What you are asked to do →
Using the material below, print the line that contains "use xv_model::messages::Message;", the line that contains "none, nothing changes.", and every line in between, exactly and nothing else.

Input data →
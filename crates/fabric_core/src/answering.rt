//! What an operation answers that is on no word of a source, and what it does to the parts of a fabric.

ghost use Rattle.std.specs.Prelude.{◌≡◌, ◌+◌, ◌*◌, ◌<◌, ◌∷◌, ℕ, All, length, List, IsTrue, None, true};
ghost use Rattle.xv_model.specs.declared.entries.Entry.{Entry};
ghost use Rattle.xv_model.specs.declared.operations.Op.TheVariants.{Take, Tima};
ghost use Rattle.xv_model.specs.declared.outcomes.MoveRefused.{MoveRefused};
ghost use Rattle.xv_model.specs.declared.outcomes.Outcome.TheVariants.{BadAccess as AnswersBadAccess, NoMessage, Refused};
ghost use Rattle.xv_model.specs.account.Kinds.{access_of};
ghost use Rattle.xv_model.specs.account.Legal.{legal};
ghost use Rattle.xv_model.specs.account.Outcomes.{IsWellFormed};
ghost use Rattle.xv_model.specs.account.Start.{Start};
ghost use Rattle.xv_model.specs.board.Validity.{ram_size, valid};
ghost use Rattle.xv_model.specs.route.Taking.{take_outcome};
ghost use Rattle.xv_model.specs.processor.Accesses.{tima_outcome};
ghost use Rattle.guest_ram.specs.Ram.{StandsFor as MemoryStandsFor};
ghost use Rattle.router.specs.Tables.{StandsFor as TablesStandFor};
ghost use Rattle.end_queue.specs.Ends.{HasRoom, HasCountsAtMost};
ghost use Rattle.fabric_core.specs.Fabric.{IsCounted, IsRefusal};
ghost use Rattle.fabric_core.specs.Processors.{StandsFor as ProcessorsStandFor};

use crate::attributes::{get_attribute, set_attribute};
use crate::hypercalls::call_tables;
use crate::memory::{peek, zero};
use crate::processors::Processors;
use bitflags::Flags;
use guest_ram::Ram;
use router::tables::Tables;
use tima_access::{BadAccess, decode};
use xv_model::messages::Message;
use xv_model::operations::{Access, EndFlags, Op};
use xv_model::outcomes::Outcome;

/// Takes message `i` of those in flight: a presentation is presented, and an escalation runs its END. Where there
/// is none, nothing changes.
fn take(tables: &mut Tables, ram: &mut Ram, processors: &mut Processors, i: u32) -> Outcome
    requires memory { 4 * length ram.old ≡ ram_size tables.old.board }
    requires count { length processors.old.vps.vps ≡ tables.old.board.limits.processors }
    requires room { All HasRoom tables.old.ends }
    ensures outcome { (z : Start) (h : List Entry) → TablesStandFor tables.old z h
        → ProcessorsStandFor processors.old z h → result ≡ take_outcome z h i }
    ensures tables { (z : Start) (h : List Entry) (actor : ℕ) → TablesStandFor tables.old z h
        → TablesStandFor tables.new z (record { actor = actor; op = Take i; outcome = result } ∷ h) }
    ensures memory { (z : Start) (h : List Entry) (actor : ℕ) → MemoryStandsFor ram.old z h
        → MemoryStandsFor ram.new z (record { actor = actor; op = Take i; outcome = result } ∷ h) }
    ensures processors { (z : Start) (h : List Entry) (actor : ℕ) → ProcessorsStandFor processors.old z h
        → ProcessorsStandFor processors.new z (record { actor = actor; op = Take i; outcome = result } ∷ h) }
    ensures refused { result ≡ NoMessage → (tables.new ≡ tables.old) × (ram.new ≡ ram.old)
        × (processors.new ≡ processors.old) }
    ensures board { tables.new.board ≡ tables.old.board }
    ensures counts { (n : ℕ) → All (HasCountsAtMost n) tables.old.ends → All (HasCountsAtMost (n + 1)) tables.new.ends }
    ensures size { length ram.new ≡ length ram.old }
    ensures vps { length processors.new.vps.vps ≡ length processors.old.vps.vps }
    ensures rings { length processors.new.rings ≡ length processors.old.rings }
    ensures well_formed { IsWellFormed result }
{
    match tables.message(i) {
        None => Outcome::NoMessage,
        Some(
            Message::Present {
                flags,
                vp,
                priority,
                ..
            },
        ) => {
            let presented = processors.present(vp, priority, flags.contains(EndFlags::BACKLOG));
            Outcome::Present {
                v: vp,
                p: priority,
                presented,
                escalates: tables.end_present(i, presented),
            }
        }
        Some(Message::Escalate { e, .. }) => Outcome::Escalated {
            e,
            run: tables.end_escalate(ram, i),
        },
    }
}

/// What an access to a page of the TIMA answers. A bad one changes nothing, nor does one that is refused.
fn access_tima(
    processors: &mut Processors,
    t: u32,
    page: u8,
    offset: u16,
    size: u8,
    access: Access,
) -> Outcome
    requires thread { t < length processors.old.rings }
    ensures outcome { (z : Start) (h : List Entry) → ProcessorsStandFor processors.old z h
        → result ≡ tima_outcome z h t page offset size access }
    ensures processors { (z : Start) (h : List Entry) (actor : ℕ) → ProcessorsStandFor processors.old z h
        → ProcessorsStandFor processors.new z
        (record { actor = actor; op = Tima t page offset size access; outcome = result } ∷ h) }
    ensures bad_access { result ≡ AnswersBadAccess → processors.new ≡ processors.old }
    ensures refused { (why : MoveRefused) → result ≡ Refused why → processors.new ≡ processors.old }
    ensures vps { length processors.new.vps.vps ≡ length processors.old.vps.vps }
    ensures rings { length processors.new.rings ≡ length processors.old.rings }
    ensures well_formed { IsWellFormed result }
{
    match decode(page, offset, size, access) {
        Ok(op) => processors.access(t, op),
        Err(BadAccess) => Outcome::BadAccess,
    }
}

/// What an operation answers. The parts then represent the account with that entry. Refused, it changes none of them.
/// `forwards` is how often the source has forwarded whose notice is routed, or that may be quiet; no other operation
/// looks at it.
#[inline(never)]
pub(crate) fn answer(
    tables: &mut Tables,
    ram: &mut Ram,
    processors: &mut Processors,
    op: &Op,
    forwards: u64,
) -> Outcome
    requires op { IsTrue (valid tables.old.board op.now) }
    requires fabric { access_of tables.old.board op.now ≡ None }
    requires memory { 4 * length ram.old ≡ ram_size tables.old.board }
    requires vps { length processors.old.vps.vps ≡ tables.old.board.limits.processors }
    requires rings { length processors.old.rings ≡ tables.old.board.limits.threads }
    requires room { All HasRoom tables.old.ends }
    ensures outcome { (z : Start) (h : List Entry) → TablesStandFor tables.old z h → MemoryStandsFor ram.old z h
        → ProcessorsStandFor processors.old z h → IsCounted op.now forwards z h → result ≡ legal z h op.now }
    ensures tables { (z : Start) (h : List Entry) (actor : ℕ) → TablesStandFor tables.old z h
        → ProcessorsStandFor processors.old z h → IsCounted op.now forwards z h
        → TablesStandFor tables.new z (record { actor = actor; op = op.now; outcome = result } ∷ h) }
    ensures memory { (z : Start) (h : List Entry) (actor : ℕ) → MemoryStandsFor ram.old z h
        → MemoryStandsFor ram.new z (record { actor = actor; op = op.now; outcome = result } ∷ h) }
    ensures processors { (z : Start) (h : List Entry) (actor : ℕ) → ProcessorsStandFor processors.old z h
        → ProcessorsStandFor processors.new z (record { actor = actor; op = op.now; outcome = result } ∷ h) }
    ensures refused { IsRefusal op.now result → (tables.new ≡ tables.old) × (ram.new ≡ ram.old)
        × (processors.new ≡ processors.old) }
    ensures well_formed { IsWellFormed result }
    ensures board { tables.new.board ≡ tables.old.board }
    ensures counts { (n : ℕ) → All (HasCountsAtMost n) tables.old.ends → All (HasCountsAtMost (n + 1)) tables.new.ends }
    ensures size { length ram.new ≡ length ram.old }
    ensures vps { length processors.new.vps.vps ≡ length processors.old.vps.vps }
    ensures rings { length processors.new.rings ≡ length processors.old.rings }
{
    match op {
        Op::Esb {
            s: _,
            page: _,
            offset: _,
            store,
        } => {
            if *store {
                Outcome::BadOffset
            } else {
                Outcome::Ones
            }
        }
        Op::EndEsb {
            e,
            page,
            offset,
            store,
        } => tables.access_end(*e, *page, *offset, *store),
        Op::Route { s } => tables.route(ram, *s, forwards),
        Op::Take { i } => take(tables, ram, processors, *i),
        Op::Quiet { s } => tables.quiet(*s, forwards),
        Op::EndSet { e, config } => {
            tables.configure(*e, config);
            Outcome::Fine
        }
        Op::Connect { v } => processors.connect(*v),
        Op::Restore { v, t } => processors.restore(*v, *t),
        Op::Save { v } => processors.save(*v),
        Op::Tima {
            t,
            page,
            offset,
            size,
            access,
        } => access_tima(processors, *t, *page, *offset, *size, *access),
        Op::Hcall { number, args } => Outcome::Reply {
            reply: call_tables(tables, ram, processors, *number, args),
        },
        Op::Read { e } => tables.read(ram, *e),
        Op::Peek { addr } => peek(ram, *addr),
        Op::Zero { addr, len } => zero(ram, *addr, *len),
        Op::AttrSet { group, attr, value } => {
            set_attribute(tables, ram, processors, *group, *attr, *value)
        }
        Op::AttrGet { group, attr } => get_attribute(tables, processors, *group, *attr),
        Op::VpGet { v } => processors.state(*v),
        Op::VpSet { v, cppr, ipb } => processors.set_state(*v, *cppr, *ipb),
        Op::Pq { .. } => unreachable!(),
    }
}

Solution to the exercise →
use xv_model::messages::Message;
use xv_model::operations::{Access, EndFlags, Op};
use xv_model::outcomes::Outcome;

/// Takes message `i` of those in flight: a presentation is presented, and an escalation runs its END. Where there
/// is none, nothing changes.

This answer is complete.